§ **Exercise materials**:
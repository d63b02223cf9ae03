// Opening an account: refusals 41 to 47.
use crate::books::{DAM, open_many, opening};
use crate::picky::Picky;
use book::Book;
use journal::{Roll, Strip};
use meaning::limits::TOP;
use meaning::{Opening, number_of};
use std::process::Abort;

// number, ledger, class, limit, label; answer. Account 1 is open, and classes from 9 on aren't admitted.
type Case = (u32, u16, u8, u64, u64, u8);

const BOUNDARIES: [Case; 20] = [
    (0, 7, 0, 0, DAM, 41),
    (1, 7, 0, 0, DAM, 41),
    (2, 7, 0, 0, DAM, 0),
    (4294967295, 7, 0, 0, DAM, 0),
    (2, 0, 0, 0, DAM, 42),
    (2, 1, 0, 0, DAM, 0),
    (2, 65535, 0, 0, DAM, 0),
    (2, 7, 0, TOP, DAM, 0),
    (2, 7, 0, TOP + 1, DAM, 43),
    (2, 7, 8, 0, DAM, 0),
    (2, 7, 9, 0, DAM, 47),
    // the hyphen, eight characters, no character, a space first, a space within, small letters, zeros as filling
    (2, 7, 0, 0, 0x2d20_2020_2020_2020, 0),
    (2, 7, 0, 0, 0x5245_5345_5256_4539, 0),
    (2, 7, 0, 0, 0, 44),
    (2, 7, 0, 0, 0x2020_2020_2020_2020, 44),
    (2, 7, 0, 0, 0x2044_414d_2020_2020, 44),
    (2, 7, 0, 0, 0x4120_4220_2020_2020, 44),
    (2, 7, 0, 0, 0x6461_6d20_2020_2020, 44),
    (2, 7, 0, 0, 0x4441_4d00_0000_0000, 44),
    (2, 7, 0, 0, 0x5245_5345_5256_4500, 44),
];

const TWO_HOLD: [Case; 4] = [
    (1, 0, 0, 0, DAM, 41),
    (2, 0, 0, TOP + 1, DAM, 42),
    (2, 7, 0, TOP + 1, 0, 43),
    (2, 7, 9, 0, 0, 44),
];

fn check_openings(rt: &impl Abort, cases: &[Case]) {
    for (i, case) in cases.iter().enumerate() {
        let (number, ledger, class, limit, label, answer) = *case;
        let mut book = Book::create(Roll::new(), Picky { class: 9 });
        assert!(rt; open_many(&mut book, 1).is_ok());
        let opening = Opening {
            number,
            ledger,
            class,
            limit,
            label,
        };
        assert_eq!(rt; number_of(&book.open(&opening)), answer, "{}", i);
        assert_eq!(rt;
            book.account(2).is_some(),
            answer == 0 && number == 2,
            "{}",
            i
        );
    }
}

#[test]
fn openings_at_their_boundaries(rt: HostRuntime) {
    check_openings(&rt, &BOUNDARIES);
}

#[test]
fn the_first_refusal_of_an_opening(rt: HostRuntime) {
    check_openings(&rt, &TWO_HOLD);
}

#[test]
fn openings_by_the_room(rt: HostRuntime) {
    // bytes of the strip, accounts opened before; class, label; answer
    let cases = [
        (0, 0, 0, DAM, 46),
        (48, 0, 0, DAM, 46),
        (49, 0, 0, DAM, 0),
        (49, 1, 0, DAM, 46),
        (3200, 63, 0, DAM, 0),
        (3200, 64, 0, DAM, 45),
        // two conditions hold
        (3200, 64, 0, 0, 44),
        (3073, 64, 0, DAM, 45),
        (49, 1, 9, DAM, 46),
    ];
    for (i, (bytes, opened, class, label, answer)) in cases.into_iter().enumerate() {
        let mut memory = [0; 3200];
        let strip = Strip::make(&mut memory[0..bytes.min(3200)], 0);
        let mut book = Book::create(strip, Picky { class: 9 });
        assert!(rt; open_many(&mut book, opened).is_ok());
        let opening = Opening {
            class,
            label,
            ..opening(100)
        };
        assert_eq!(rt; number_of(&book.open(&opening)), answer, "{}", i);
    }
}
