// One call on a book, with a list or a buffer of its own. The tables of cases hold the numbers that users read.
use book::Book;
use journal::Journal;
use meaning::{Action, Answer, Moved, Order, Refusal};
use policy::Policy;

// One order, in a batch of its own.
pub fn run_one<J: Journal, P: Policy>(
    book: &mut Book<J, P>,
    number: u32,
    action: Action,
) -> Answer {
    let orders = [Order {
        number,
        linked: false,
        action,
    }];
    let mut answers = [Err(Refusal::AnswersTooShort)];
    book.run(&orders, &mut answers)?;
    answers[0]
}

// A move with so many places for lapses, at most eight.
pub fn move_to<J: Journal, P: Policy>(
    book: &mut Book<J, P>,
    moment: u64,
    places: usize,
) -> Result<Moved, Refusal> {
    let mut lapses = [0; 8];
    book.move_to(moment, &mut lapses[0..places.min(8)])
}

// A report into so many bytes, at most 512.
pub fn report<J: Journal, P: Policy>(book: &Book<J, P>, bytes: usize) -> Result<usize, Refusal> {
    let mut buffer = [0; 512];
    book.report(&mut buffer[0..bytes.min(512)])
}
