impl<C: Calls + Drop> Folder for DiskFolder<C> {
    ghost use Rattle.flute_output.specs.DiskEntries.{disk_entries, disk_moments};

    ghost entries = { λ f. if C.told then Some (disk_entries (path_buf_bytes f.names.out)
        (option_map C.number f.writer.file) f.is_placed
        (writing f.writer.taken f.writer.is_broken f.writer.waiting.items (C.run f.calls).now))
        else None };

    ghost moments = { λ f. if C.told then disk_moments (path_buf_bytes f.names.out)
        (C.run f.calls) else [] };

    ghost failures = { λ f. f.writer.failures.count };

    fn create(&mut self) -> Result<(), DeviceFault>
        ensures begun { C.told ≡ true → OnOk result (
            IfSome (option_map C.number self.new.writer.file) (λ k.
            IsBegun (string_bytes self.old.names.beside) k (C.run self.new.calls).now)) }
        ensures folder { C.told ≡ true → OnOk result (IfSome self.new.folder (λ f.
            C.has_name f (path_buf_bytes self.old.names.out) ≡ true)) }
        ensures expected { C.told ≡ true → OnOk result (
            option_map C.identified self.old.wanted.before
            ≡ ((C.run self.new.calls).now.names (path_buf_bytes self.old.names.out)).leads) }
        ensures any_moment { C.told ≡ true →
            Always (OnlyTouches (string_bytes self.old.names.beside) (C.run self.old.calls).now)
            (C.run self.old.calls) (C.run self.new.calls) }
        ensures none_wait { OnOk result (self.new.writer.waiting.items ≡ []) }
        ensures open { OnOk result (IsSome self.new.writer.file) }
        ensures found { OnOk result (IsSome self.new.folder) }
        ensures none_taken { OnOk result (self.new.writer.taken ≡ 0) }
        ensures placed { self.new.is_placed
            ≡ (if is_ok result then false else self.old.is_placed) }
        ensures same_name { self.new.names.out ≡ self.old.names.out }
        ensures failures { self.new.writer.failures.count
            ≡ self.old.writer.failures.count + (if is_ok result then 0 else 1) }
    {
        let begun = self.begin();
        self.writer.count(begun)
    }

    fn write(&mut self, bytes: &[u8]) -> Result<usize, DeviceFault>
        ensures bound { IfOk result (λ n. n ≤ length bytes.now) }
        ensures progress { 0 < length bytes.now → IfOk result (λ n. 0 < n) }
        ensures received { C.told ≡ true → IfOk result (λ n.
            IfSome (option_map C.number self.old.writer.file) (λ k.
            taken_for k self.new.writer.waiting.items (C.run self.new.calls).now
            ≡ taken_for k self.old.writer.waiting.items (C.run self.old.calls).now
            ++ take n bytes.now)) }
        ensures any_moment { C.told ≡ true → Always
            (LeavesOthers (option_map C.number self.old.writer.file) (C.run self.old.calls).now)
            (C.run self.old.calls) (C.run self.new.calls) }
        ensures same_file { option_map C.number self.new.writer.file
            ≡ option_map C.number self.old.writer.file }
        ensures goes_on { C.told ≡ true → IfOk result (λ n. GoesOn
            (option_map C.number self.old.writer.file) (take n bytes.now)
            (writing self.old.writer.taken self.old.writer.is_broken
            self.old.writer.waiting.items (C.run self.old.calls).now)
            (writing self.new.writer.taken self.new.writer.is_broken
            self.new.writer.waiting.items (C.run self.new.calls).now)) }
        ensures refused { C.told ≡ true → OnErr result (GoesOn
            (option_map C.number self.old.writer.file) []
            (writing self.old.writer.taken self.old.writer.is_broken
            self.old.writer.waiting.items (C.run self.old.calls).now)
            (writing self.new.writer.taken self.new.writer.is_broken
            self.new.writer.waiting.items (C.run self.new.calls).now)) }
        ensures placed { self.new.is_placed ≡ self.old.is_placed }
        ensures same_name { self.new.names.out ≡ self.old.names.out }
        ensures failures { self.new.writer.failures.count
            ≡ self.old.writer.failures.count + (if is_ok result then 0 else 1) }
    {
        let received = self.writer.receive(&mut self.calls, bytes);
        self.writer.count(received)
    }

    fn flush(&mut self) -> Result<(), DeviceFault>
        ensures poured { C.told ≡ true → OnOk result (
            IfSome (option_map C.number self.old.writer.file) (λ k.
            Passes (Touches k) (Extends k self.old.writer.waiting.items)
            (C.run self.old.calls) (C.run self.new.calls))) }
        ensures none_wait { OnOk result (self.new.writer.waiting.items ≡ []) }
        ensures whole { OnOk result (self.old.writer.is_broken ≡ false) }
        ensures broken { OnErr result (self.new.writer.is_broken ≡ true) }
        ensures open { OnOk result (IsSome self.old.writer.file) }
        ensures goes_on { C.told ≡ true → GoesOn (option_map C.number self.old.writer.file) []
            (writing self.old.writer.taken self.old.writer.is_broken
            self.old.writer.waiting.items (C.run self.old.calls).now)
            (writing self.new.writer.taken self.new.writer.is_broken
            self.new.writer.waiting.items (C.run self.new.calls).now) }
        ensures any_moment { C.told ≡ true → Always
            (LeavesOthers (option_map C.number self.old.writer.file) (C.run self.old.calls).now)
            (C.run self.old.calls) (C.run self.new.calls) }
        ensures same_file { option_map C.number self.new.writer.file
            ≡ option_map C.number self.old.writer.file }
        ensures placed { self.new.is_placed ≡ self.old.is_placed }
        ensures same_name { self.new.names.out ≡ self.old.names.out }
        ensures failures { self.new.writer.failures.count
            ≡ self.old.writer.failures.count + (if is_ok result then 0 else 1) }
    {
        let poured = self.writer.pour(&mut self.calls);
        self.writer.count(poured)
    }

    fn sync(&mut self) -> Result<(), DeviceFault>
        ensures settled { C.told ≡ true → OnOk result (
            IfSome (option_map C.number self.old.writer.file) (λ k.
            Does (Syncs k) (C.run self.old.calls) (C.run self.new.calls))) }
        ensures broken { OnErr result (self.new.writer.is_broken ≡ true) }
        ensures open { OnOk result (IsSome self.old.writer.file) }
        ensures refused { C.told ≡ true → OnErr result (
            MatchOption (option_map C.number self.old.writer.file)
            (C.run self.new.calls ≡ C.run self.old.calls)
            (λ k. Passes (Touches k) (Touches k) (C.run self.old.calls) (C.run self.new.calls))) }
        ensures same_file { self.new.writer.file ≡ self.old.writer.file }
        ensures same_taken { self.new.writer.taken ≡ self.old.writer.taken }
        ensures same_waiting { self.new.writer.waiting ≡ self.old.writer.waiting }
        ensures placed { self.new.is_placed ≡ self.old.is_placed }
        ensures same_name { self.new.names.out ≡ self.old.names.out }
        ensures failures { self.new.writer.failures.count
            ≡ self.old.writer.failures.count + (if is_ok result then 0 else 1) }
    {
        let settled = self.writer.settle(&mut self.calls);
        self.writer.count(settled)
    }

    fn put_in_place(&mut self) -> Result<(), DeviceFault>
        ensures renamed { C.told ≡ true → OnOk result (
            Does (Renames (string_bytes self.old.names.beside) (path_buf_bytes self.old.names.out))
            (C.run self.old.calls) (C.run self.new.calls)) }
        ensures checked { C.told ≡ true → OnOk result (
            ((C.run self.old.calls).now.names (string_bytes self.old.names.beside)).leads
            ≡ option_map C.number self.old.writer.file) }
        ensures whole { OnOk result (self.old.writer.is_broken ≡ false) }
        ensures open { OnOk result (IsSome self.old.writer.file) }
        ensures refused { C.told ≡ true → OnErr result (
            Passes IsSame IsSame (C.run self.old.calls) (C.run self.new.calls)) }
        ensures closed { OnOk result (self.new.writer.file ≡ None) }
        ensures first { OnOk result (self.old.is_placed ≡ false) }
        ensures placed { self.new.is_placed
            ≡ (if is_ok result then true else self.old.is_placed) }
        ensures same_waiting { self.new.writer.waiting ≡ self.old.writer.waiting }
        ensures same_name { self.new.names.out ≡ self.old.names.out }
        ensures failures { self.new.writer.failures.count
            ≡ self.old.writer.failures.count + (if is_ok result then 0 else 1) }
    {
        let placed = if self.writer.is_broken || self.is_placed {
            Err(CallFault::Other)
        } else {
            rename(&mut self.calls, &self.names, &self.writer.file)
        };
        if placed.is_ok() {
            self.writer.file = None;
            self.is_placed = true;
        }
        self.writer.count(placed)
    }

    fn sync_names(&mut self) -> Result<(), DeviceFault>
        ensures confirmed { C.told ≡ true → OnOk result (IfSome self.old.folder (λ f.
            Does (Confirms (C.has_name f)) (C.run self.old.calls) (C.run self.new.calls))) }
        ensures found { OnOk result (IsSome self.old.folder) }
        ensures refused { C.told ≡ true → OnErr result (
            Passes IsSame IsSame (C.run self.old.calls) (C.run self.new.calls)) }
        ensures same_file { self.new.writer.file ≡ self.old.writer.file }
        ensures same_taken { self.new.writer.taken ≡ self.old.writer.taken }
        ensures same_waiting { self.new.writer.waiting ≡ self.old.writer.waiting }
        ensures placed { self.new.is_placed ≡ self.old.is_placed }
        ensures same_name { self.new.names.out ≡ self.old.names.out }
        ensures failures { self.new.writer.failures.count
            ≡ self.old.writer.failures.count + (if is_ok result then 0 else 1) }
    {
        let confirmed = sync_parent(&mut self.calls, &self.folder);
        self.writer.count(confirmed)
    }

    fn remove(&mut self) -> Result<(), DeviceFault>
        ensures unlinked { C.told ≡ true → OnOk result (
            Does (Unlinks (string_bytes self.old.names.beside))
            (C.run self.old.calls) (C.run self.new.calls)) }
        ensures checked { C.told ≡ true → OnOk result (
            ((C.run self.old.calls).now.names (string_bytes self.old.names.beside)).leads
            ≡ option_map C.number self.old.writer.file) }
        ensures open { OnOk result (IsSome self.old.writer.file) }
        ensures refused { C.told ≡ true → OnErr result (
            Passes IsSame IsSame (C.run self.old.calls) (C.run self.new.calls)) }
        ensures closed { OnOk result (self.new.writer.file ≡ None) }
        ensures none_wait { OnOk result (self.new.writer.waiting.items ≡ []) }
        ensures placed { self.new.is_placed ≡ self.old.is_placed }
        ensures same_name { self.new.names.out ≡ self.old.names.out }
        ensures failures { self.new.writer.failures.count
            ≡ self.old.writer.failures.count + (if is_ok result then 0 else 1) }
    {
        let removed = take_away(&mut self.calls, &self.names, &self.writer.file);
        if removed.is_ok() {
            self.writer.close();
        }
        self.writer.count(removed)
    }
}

§ **Brief**: Beginning with the first line of the records above, reproduce each line exactly, ending at the line that contains "let mut book = Book::create(Roll::new(), Picky", and leave out everything else.

§ **Written solution**:
repository d63b02223cf9ae03
// Opening an account: refusals 41 to 47.
use crate::books::{DAM, open_many, opening};
use crate::picky::Picky;
use book::Book;
use journal::{Roll, Strip};
use meaning::limits::TOP;
use meaning::{Opening, number_of};
use std::process::Abort;

// number, ledger, class, limit, label; answer. Account 1 is open, and classes from 9 on aren't admitted.
type Case = (u32, u16, u8, u64, u64, u8);

const BOUNDARIES: [Case; 20] = [
    (0, 7, 0, 0, DAM, 41),
    (1, 7, 0, 0, DAM, 41),
    (2, 7, 0, 0, DAM, 0),
    (4294967295, 7, 0, 0, DAM, 0),
    (2, 0, 0, 0, DAM, 42),
    (2, 1, 0, 0, DAM, 0),
    (2, 65535, 0, 0, DAM, 0),
    (2, 7, 0, TOP, DAM, 0),
    (2, 7, 0, TOP + 1, DAM, 43),
    (2, 7, 8, 0, DAM, 0),
    (2, 7, 9, 0, DAM, 47),
    // the hyphen, eight characters, no character, a space first, a space within, small letters, zeros as filling
    (2, 7, 0, 0, 0x2d20_2020_2020_2020, 0),
    (2, 7, 0, 0, 0x5245_5345_5256_4539, 0),
    (2, 7, 0, 0, 0, 44),
    (2, 7, 0, 0, 0x2020_2020_2020_2020, 44),
    (2, 7, 0, 0, 0x2044_414d_2020_2020, 44),
    (2, 7, 0, 0, 0x4120_4220_2020_2020, 44),
    (2, 7, 0, 0, 0x6461_6d20_2020_2020, 44),
    (2, 7, 0, 0, 0x4441_4d00_0000_0000, 44),
    (2, 7, 0, 0, 0x5245_5345_5256_4500, 44),
];

const TWO_HOLD: [Case; 4] = [
    (1, 0, 0, 0, DAM, 41),
    (2, 0, 0, TOP + 1, DAM, 42),
    (2, 7, 0, TOP + 1, 0, 43),
    (2, 7, 9, 0, 0, 44),
];

fn check_openings(rt: &impl Abort, cases: &[Case]) {
    for (i, case) in cases.iter().enumerate() {
        let (number, ledger, class, limit, label, answer) = *case;
        let mut book = Book::create(Roll::new(), Picky { class: 9 });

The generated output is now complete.